Your answer must be every line of the data that contains "ImportEnd".

Top of Recorded information

//! What the rows of these tests ask of a registry, and what it answers, as one line.
//!
//! A row is a command, as `comment alice num=1&text=seen`, where the key of a caller is before a
//! slash; or `import`, the caller and the file, which comes whole, or in chunks with `slowly`; or a
//! question: `export`, `submission` and `pending` with a number, `changes` with a revision, `lookup`
//! with its fields. In a row `;` ends a line of a file and `>` is a tab.
use crate::service::rows::{command_in, fields_of};
use pid_doubles::{FaultyInput, FaultyOutput};
use pid_ident::{Account, Input, Key, Path, PathText};
use pid_lookup::{Answer, LookupRefusal, args_of};
use pid_moderation::{
    Changes, Discussion, Pending, Proposal, Refusal, Reply, State, Submission, reply_line,
};
use pid_service::{ExportFault, ImportEnd, Registry, RegistryCalls, RegistryQueries, open};
use pid_tables::WritableDatabase;
use sqlite::{Connection, MemStore};
use std::alloc::Global;
use std::process::Abort;
use std::test::Fail;

// A connection within a transaction is refused too.
pub(crate) fn opened<C: WritableDatabase + Drop>(
    alloc: Global,
    conn: C,
) -> Result<Registry<C>, Fail> {
    match open(alloc, conn) {
        Ok(registry) => Ok(registry),
        Err((fault, _)) => Err(Fail::from(fault)),
    }
}

// A new registry in memory.
pub(crate) fn new_in_memory(alloc: Global) -> Result<Registry<Connection<MemStore>>, Fail> {
    opened(alloc, Connection::open_in_memory(alloc)?)
}

pub(crate) fn expect_line(rt: &impl Abort, found: &str, expected: &str, at: &str) {
    assert_eq!(rt; found, expected, "at {at}");
}

pub(crate) fn owned(alloc: Global, text: &str) -> Result<String, Fail> {
    Ok(String::from_str(alloc, text)?)
}

// The first word of a row, and what follows it.
pub(crate) fn first_word(row: &str) -> (&str, &str) {
    row.split_once(' ').unwrap_or((row, ""))
}

// What a row asks, and what is answered.
pub(crate) fn halves(row: &str) -> Result<(&str, &str), Fail> {
    match row.split_once(" | ") {
        Some(halves) => Ok(halves),
        None => Err(Fail::new("a row without an answer")),
    }
}

// The text with two other letters in place of two letters.
fn with_letters(
    alloc: Global,
    text: &str,
    from: (char, char),
    to: (char, char),
) -> Result<String, Fail> {
    let mut written = String::new(alloc);
    for letter in text.chars() {
        written.push(if letter == from.0 {
            to.0
        } else if letter == from.1 {
            to.1
        } else {
            letter
        })?;
    }
    Ok(written)
}

// Who sends a file, and the file.
fn sent(row: &str) -> Result<(&str, &str), Fail> {
    match row.split_once(' ') {
        Some(sent) => Ok(sent),
        None => Err(Fail::new("a row without a file")),
    }
}

// The bytes of a file that a row writes on one line.
fn file_of(alloc: Global, row: &str) -> Result<String, Fail> {
    with_letters(alloc, row, (';', '>'), ('\n', '\t'))
}

// The caller of an import: an account, and a key before a slash.
fn caller_of(alloc: Global, caller: &str) -> Result<(Account, Option<Key>), Fail> {
    let Some((key, account)) = caller.split_once('/') else {
        return Ok((Account::of(alloc, caller)?, None));
    };
    Ok((Account::of(alloc, account)?, Some(Key::of(alloc, key)?)))
}

pub(crate) fn line_of(alloc: Global, outcome: Result<Reply, Refusal>) -> Result<String, Fail> {
    let line = reply_line(alloc, outcome)?;
    owned(alloc, line.as_str().trim_end())
}

fn refused(alloc: Global, refusal: Refusal) -> Result<String, Fail> {
    line_of(alloc, Err(refusal))
}

// What the import of a whole file is answered.
fn imported<C: WritableDatabase + Drop>(
    registry: &mut Registry<C>,
    alloc: Global,
    caller: &str,
    file: &[u8],
) -> Result<String, Fail> {
    let (account, key) = caller_of(alloc, caller)?;
    line_of(alloc, registry.import(account, key, file))
}

// What an import is answered whose file comes in chunks.
pub(crate) fn imported_from<C: WritableDatabase + Drop, I: Input>(
    registry: &mut Registry<C>,
    alloc: Global,
    caller: &str,
    input: &mut I,
) -> Result<String, Fail> {
    let (account, key) = caller_of(alloc, caller)?;
    match registry.import_from(account, key, input) {
        Ok(reply) => line_of(alloc, Ok(reply)),
        Err(ImportEnd::Refused(refusal)) => refused(alloc, refusal),
        Err(ImportEnd::Body) => owned(alloc, "body"),
    }
}

fn import<C: WritableDatabase + Drop>(
    registry: &mut Registry<C>,
    alloc: Global,
    rest: &str,
) -> Result<String, Fail> {
    let (caller, file) = sent(rest)?;
    let file = file_of(alloc, file)?;
    imported(registry, alloc, caller, file.as_bytes())
}

// An import whose file comes in chunks of at most seven bytes.
fn slowly<C: WritableDatabase + Drop>(
    registry: &mut Registry<C>,
    alloc: Global,
    rest: &str,
) -> Result<String, Fail> {
    let (caller, file) = sent(rest)?;
    let file = file_of(alloc, file)?;
    let mut input = FaultyInput::new(file.as_bytes(), 7);
    imported_from(registry, alloc, caller, &mut input)
}

fn obey<C: WritableDatabase + Drop>(
    registry: &mut Registry<C>,
    alloc: Global,
    row: &str,
) -> Result<String, Fail> {
    match command_in(alloc, row)? {
        Ok(command) => line_of(alloc, registry.obey(command)),
        Err(refusal) => refused(alloc, refusal),
    }
}

fn export<C: WritableDatabase + Drop>(
    registry: &mut Registry<C>,
    alloc: Global,
) -> Result<String, Fail> {
    let mut output = FaultyOutput::new(alloc, 4_096);
    match registry.export(&mut output) {
        Ok(()) => {
            let text = str::from_utf8(output.taken.as_slice()).unwrap_or("not UTF-8");
            with_letters(alloc, text, ('\n', '\t'), (';', '>'))
        }
        Err(ExportFault::Refused(refusal)) => refused(alloc, refusal),
        Err(ExportFault::Write(_)) => Err(Fail::new("a write fault")),
    }
}

// An item, after the text that comes before it.
fn item_line(alloc: Global, before: &str, path: Path, name: &str) -> Result<String, Fail> {
    let path = path.path_text(alloc)?;
    Ok(format!(in alloc; "{before}{} {name};", path.as_str())?)
}

fn proposed(proposal: &Proposal) -> &str {
    match proposal {
        Proposal::Name(name) => name.as_str(),
        Proposal::Removal => "remove",
    }
}

fn pending_line(alloc: Global, found: &Pending) -> Result<String, Fail> {
    let submission = &found.submission;
    let before = format!(in alloc; "{} {} ", found.number, submission.author.as_str())?;
    let name = proposed(&submission.proposal);
    item_line(alloc, before.as_str(), submission.path, name)
}

fn pending<C: WritableDatabase + Drop>(
    registry: &mut Registry<C>,
    alloc: Global,
    after: &str,
) -> Result<String, Fail> {
    let page = match registry.pending(after.parse::<u32>()?) {
        Ok(page) => page,
        Err(refusal) => return refused(alloc, refusal),
    };
    let mut told = String::new(alloc);
    for pending in &page {
        told.push_str(pending_line(alloc, pending)?.as_str())?;
    }
    Ok(told)
}

fn state_line(alloc: Global, state: &State) -> Result<String, Fail> {
    match state {
        State::Pending => owned(alloc, "pending"),
        State::Approved { decider } => {
            Ok(format!(in alloc; "approved by {}", decider.as_str())?)
        }
        State::Rejected { decider, reason } => {
            let decider = decider.as_str();
            Ok(format!(in alloc; "rejected by {decider}: {}", reason.as_str())?)
        }
        State::Withdrawn => owned(alloc, "withdrawn"),
    }
}

fn submission_line(alloc: Global, found: &Submission) -> Result<String, Fail> {
    let before = format!(in alloc; "{} ", found.author.as_str())?;
    let name = proposed(&found.proposal);
    let item = item_line(alloc, before.as_str(), found.path, name)?;
    let state = state_line(alloc, &found.state)?;
    Ok(format!(in alloc; "{}{}", item.as_str(), state.as_str())?)
}

fn discussion_line(alloc: Global, found: &Discussion) -> Result<String, Fail> {
    let mut told = submission_line(alloc, &found.submission)?;
    for remark in &found.remarks {
        let author = remark.author.as_str();
        told.push_str(format!(in alloc; ";{author} {}", remark.text.as_str())?.as_str())?;
    }
    Ok(told)
}

fn submission<C: WritableDatabase + Drop>(
    registry: &mut Registry<C>,
    alloc: Global,
    number: &str,
) -> Result<String, Fail> {
    match registry.submission(number.parse::<u32>()?) {
        Ok(found) => discussion_line(alloc, &found),
        Err(refusal) => refused(alloc, refusal),
    }
}

fn changes_line(alloc: Global, found: &Changes) -> Result<String, Fail> {
    let mut told = format!(in alloc; "revision {};", found.revision)?;
    for item in &found.items {
        let since = format!(in alloc; "{} ", item.since)?;
        let line = item_line(alloc, since.as_str(), item.path, item.name.as_str())?;
        told.push_str(line.as_str())?;
    }
    Ok(told)
}

// The revision, and the items that were named after a revision.
fn changes<C: WritableDatabase + Drop>(
    registry: &mut Registry<C>,
    alloc: Global,
    since: &str,
) -> Result<String, Fail> {
    match registry.changes(since.parse::<u64>()?, None) {
        Ok(found) => changes_line(alloc, &found),
        Err(refusal) => refused(alloc, refusal),
    }
}

fn lookup<C: WritableDatabase + Drop>(
    registry: &mut Registry<C>,
    alloc: Global,
    fields: &str,
) -> Result<String, Fail> {
    let fields = fields_of(alloc, fields)?;
    let (flags, args, size) = args_of(fields.as_slice())?;
    match registry.lookup(flags, &args, size) {
        Ok(Answer::Text(text)) => {
            owned(
                alloc,
                str::from_utf8(text.as_bytes()).unwrap_or("not UTF-8"),
            )
        }
        Ok(Answer::NoAnswer) => owned(alloc, "none"),
        Err(LookupRefusal::BadFlags) => owned(alloc, "bad flags"),
        Err(LookupRefusal::Memory) => refused(alloc, Refusal::Memory),
        Err(LookupRefusal::Names(refusal)) => refused(alloc, refusal),
    }
}

// What the registry answers to a row.
pub(crate) fn told<C: WritableDatabase + Drop>(
    registry: &mut Registry<C>,
    alloc: Global,
    row: &str,
) -> Result<String, Fail> {
    let (verb, rest) = first_word(row);
    match verb {
        "import" => import(registry, alloc, rest),
        "slowly" => slowly(registry, alloc, rest),
        "export" => export(registry, alloc),
        "pending" => pending(registry, alloc, rest),
        "submission" => submission(registry, alloc, rest),
        "lookup" => lookup(registry, alloc, rest),
        "changes" => changes(registry, alloc, rest),
        _ => obey(registry, alloc, row),
    }
}

// Asserts what the registry answers to a row.
pub(crate) fn expect_answer<C: WritableDatabase + Drop>(
    rt: &impl Abort,
    alloc: Global,
    registry: &mut Registry<C>,
    asked: &str,
    expected: &str,
) -> Result<(), Fail> {
    let line = told(registry, alloc, asked)?;
    expect_line(rt, line.as_str(), expected, asked);
    Ok(())
}

// The same, row by row.
pub(crate) fn expect_told<C: WritableDatabase + Drop>(
    rt: &impl Abort,
    alloc: Global,
    registry: &mut Registry<C>,
    rows: &str,
) -> Result<(), Fail> {
    for row in rows.lines() {
        let (asked, expected) = halves(row)?;
        expect_answer(rt, alloc, registry, asked, expected)?;
    }
    Ok(())
}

Bottom of Recorded information

§ **Solution to this problem**
use pid_service::{ExportFault, ImportEnd, Registry, RegistryCalls, RegistryQueries, open};
        Err(ImportEnd::Refused(refusal)) => refused(alloc, refusal),
        Err(ImportEnd::Body) => owned(alloc, "body"),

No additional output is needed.